Actually only about a week so probably shouldn't comment but I threw away three red ones after an hour of use.

Reactions: Can relate 1


----------



## Strontium (29/10/16)

Bump


----------



## Rob Fisher (29/10/16)

Strontium said:


> Bump



Can't comment because I haven't bought any of the new ones yet... still have plenty of old stock... and seeing I pretty much use RTA's now my current stock is gonna last me some considerable time.

Reactions: Like 1


----------



## Strontium (31/10/16)

I bought a couple over the weekend from Sir Vape, should get delivery tomorrow and I can give feedback thereafter.


----------



## Darth Vaper (31/10/16)

I've been using one for about a week now - all good so far!

Reactions: Thanks 1


----------



## Strontium (1/11/16)

@Beethoven @Darth Vaper are either of you using the coil in a Melo 3 mini tank? And if so, when the coil is inserted, can you see the juice holes through the bottom slots of the tank or do the juice holes go past those slots?


----------



## Darth Vaper (2/11/16)

@Strontium Nope, using the Lemo 3. Sorry


----------



## Rob Fisher (2/11/16)

Strontium said:


> @Beethoven @Darth Vaper are either of you using the coil in a Melo 3 mini tank? And if so, when the coil is inserted, can you see the juice holes through the bottom slots of the tank or do the juice holes go past those slots?



@Strontium you can see the bottom of the juice holes through the slot ever so slightly.


----------



## Strontium (2/11/16)

@Rob Fisher thanks, wanted to make sure there wasn't an issue with my tank.
I've popped the coil in and used it now for 24hrs, which may not sound like much but it's about 23hrs longer than the red rings lasted.
The flavour was muted, felt like it wasn't wicking properly. I changed out my juice for a menthol also at 70/30 and the taste is far better, working like a champ.
I don't know if menthol/koolada is thinner but that just seems to work better in my tank, i know that sounds weird. That's what I vape majority of the time anyway so no biggie, I have my baby beast for the rest. If this coil lasts the weekend with no issues, I'm gonna buy a bunch from @Sir Vape.


----------



## Rob Fisher (2/11/16)

Strontium said:


> @Rob Fisher thanks, wanted to make sure there wasn't an issue with my tank.
> I've popped the coil in and used it now for 24hrs, which may not sound like much but it's about 23hrs longer than the red rings lasted.
> The flavour was muted, felt like it wasn't wicking properly. I changed out my juice for a menthol also at 70/30 and the taste is far better, working like a champ.
> I don't know if menthol/koolada is thinner but that just seems to work better in my tank, i know that sounds weird.

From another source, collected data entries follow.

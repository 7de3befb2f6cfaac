//! The locations of files in a folder.
ghost use Rattle.std.specs.Prelude.{◌≡◌, ◌≤◌};
ghost use Rattle.folder_filing.specs.Locations.{next_location, order};

use crate::names::EntryKind;
use std::fmt;

/// The greatest number of seven digits.
pub(crate) const GREATEST: u32 = 9_999_999;

/// The layout of a folder of received files.
#[derive(Clone, Copy)]
pub enum Layout {
    /// All files are in the folder itself.
    Flat,
    /// The files are in subfolders of `per` files each.
    Levels { per: u32 },
}

/// The location of a file in a folder of received files: the numbers in its path. Locations are
/// ordered by folder, then by file.
#[derive(Clone, Copy)]
pub struct Location {
    /// The number of the file's subfolder; 0 in a layout without subfolders.
    pub folder: u32,
    /// The number of the file.
    pub file: u32,
}

impl Location {
    /// Returns the later of two locations.
    pub(crate) fn later(self, other: Location) -> Location
        ensures own { order self ≤ order result }
        ensures other { order other ≤ order result }
    {
        if self.folder > other.folder || self.folder == other.folder && self.file > other.file {
            self
        } else {
            other
        }
    }

    /// Returns the location after this one in the layout, or `None` if all numbers are in use. The
    /// last file of a subfolder is followed by the first of the next subfolder.
    pub(crate) fn next(self, layout: Layout) -> Option<Location>
        ensures { result ≡ next_location layout self }
    {
        let Location { folder, file } = self;
        let most = match layout {
            Layout::Flat => GREATEST,
            Layout::Levels { per } => per,
        };
        if file < most {
            return Some(Location {
                folder,
                file: file + 1,
            });
        }
        if matches!(layout, Layout::Flat) || folder >= GREATEST {
            return None;
        }
        Some(Location {
            folder: folder + 1,
            file: 1,
        })
    }
}

/// Prints the path of the file in the folder, as `I0000001` or `S0000001/I0000001`.
impl fmt::Display for Location {
    fn fmt<W: fmt::Write>(&self, f: &mut fmt::Formatter<W>) -> fmt::Result {
        let Location { folder, file } = *self;
        let file = EntryKind::File.name(file);
        if folder == 0 {
            return write!(f, "{file}");
        }
        let folder = EntryKind::Folder.name(folder);
        write!(f, "{folder}/{file}")
    }
}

That's what I vape majority of the time anyway so no biggie, I have my baby beast for the rest. If this coil lasts the weekend with no issues, I'm gonna buy a bunch from @Sir Vape.



Yip they are the best cCells by a country mile! 

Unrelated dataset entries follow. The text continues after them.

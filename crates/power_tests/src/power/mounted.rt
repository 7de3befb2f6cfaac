//! The disk as the files of a runtime.

use crate::power::disk::{Disk, Shared};
use crate::power::folder::Node;
use crate::power::handles::{Handle, Listing};
use crate::power::trouble::Act;
use std::alloc::{AllocError, Allocator, Global};
use std::fs::{Metadata, OpenOptions};
use std::io;
use std::io::{Error, ErrorKind};
use std::rt::Files;

/// A runtime whose files are on the disk.
#[derive(Drop)]
pub(crate) struct Mounted {
    pub(crate) alloc: Global,
    pub(crate) disk: Shared,
}

impl Clone for Mounted {
    fn clone(&self) -> Result<Self, AllocError> {
        Ok(Mounted {
            alloc: self.alloc,
            disk: self.disk.clone()?,
        })
    }
}

impl Alloc for Mounted {
    type A = Global;

    fn alloc(&self) -> Global {
        self.alloc
    }
}

/// Returns the names of a folder.
fn names(alloc: Global, disk: &mut Disk, path: &str) -> io::Result<Vec<[u8; 8]>> {
    disk.call(Act::List)?;
    let Node::Folder(folder) = disk.node(path)? else {
        return Err(Error::from(ErrorKind::NotADirectory));
    };
    let mut names = Vec::new(alloc);
    for entry in disk.folder(folder)?.entries() {
        names.push(entry.name.padded())?;
    }
    Ok(names)
}

impl Files for Mounted {
    type File = Handle;

    type Dir = Listing;

    /// Opens a file to read, or creates a new file.
    fn open_file(&self, how: &OpenOptions, path: &str) -> io::Result<Handle> {
        how.check()?;
        let mut disk = self.disk.try_borrow_mut()?;
        let node = if how.asks_create_new() {
            disk.create(path)?
        } else if how.asks_write() || how.asks_append() {
            return Err(Error::from(ErrorKind::Unsupported));
        } else {
            disk.open(path)?
        };
        Ok(Handle {
            disk: self.disk.clone()?,
            node,
        })
    }

    fn open_dir(&self, path: &str) -> io::Result<Listing> {
        let mut disk = self.disk.try_borrow_mut()?;
        Ok(Listing {
            disk: self.disk.clone()?,
            names: names(self.alloc, &mut *disk, path)?,
        })
    }

    fn metadata(&self, path: &str) -> io::Result<Metadata> {
        self.disk.try_borrow_mut()?.metadata(path)
    }

    fn symlink_metadata(&self, path: &str) -> io::Result<Metadata> {
        self.disk.try_borrow_mut()?.metadata(path)
    }

    fn copy(&self, _from: &str, _to: &str) -> io::Result<u64> {
        Err(Error::from(ErrorKind::Unsupported))
    }

    fn rename(&self, from: &str, to: &str) -> io::Result<()> {
        self.disk.try_borrow_mut()?.rename(from, to)
    }

    fn remove_file(&self, path: &str) -> io::Result<()> {
        self.disk.try_borrow_mut()?.remove_file(path)
    }

    fn create_dir(&self, path: &str) -> io::Result<()> {
        self.disk.try_borrow_mut()?.make_folder(path)
    }

    fn remove_dir(&self, path: &str) -> io::Result<()> {
        self.disk.try_borrow_mut()?.remove_folder(path)
    }

    fn remove_dir_all<B: Allocator>(&self, _alloc: B, _path: &str) -> io::Result<()> {
        Err(Error::from(ErrorKind::Unsupported))
    }

    fn hard_link(&self, original: &str, link: &str) -> io::Result<()> {
        self.disk.try_borrow_mut()?.link(original, link)
    }
}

And I pretty much only vape XXX 50/50 so it's wicks pretty well and flavour for days!

Reactions: Like 1


----------



## Strontium (2/11/16)

Rob Fisher said:


> Yip they are the best cCells by a country mile!
> 
> And I pretty much only vape XXX 50/50 so it's wicks pretty well and flavour for days!



Still want to try that XXX but unfortunately some Durban guy keeps on buying up all their stock

Reactions: Funny 1


----------



## ddk1979 (9/11/16)

@Beethoven , @Strontium , @Darth Vaper , 
How are these black o-ring ccells working ???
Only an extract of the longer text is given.